━━━━━ Data for processing

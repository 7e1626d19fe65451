// The digest of a line.
ghost use Rattle.std.specs.Prelude.{◌≤◌};

use hasher::Refusal;
use hexadecimal::DigitsOf;
use std::io;

// The most bytes that a vector asks.
const LONGEST: usize = 10064;

// What the draft prints: of a long output not the first 10,000 bytes.
fn printed(out: &[u8]) -> &[u8] {
    if 10000 < out.len() {
        &out[10000..]
    } else {
        out
    }
}

// Writes a space and what a call puts into so many bytes, which no other call wrote to; or its status, where it is refused.
pub fn write_digest<F: FnOnce(&mut [u8]) -> Result<(), Refusal>>(
    rt: &impl Print,
    asked: usize,
    call: F,
) -> io::Result<()>
    requires fits { asked ≤ 10064 }
    requires callable { F.IsAlwaysCallable call }
{
    let mut buffer = [0u8; LONGEST];
    let out = &mut buffer[..asked];
    match call(out) {
        Ok(()) => print!(rt; " {}", DigitsOf(printed(out))),
        Err(refusal) => print!(rt; " status {}", refusal.status),
    }
}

━━━━━━━━━━

• **Task brief**: Beginning at the line that contains "asked ≤ 10064", retype each line of the listing up to and including the last one, exactly as it stands, and nothing else.

• **Result of this exercise**:
    requires fits { asked ≤ 10064 }
    requires callable { F.IsAlwaysCallable call }
{
    let mut buffer = [0u8; LONGEST];
    let out = &mut buffer[..asked];
    match call(out) {
        Ok(()) => print!(rt; " {}", DigitsOf(printed(out))),
        Err(refusal) => print!(rt; " status {}", refusal.status),
    }
}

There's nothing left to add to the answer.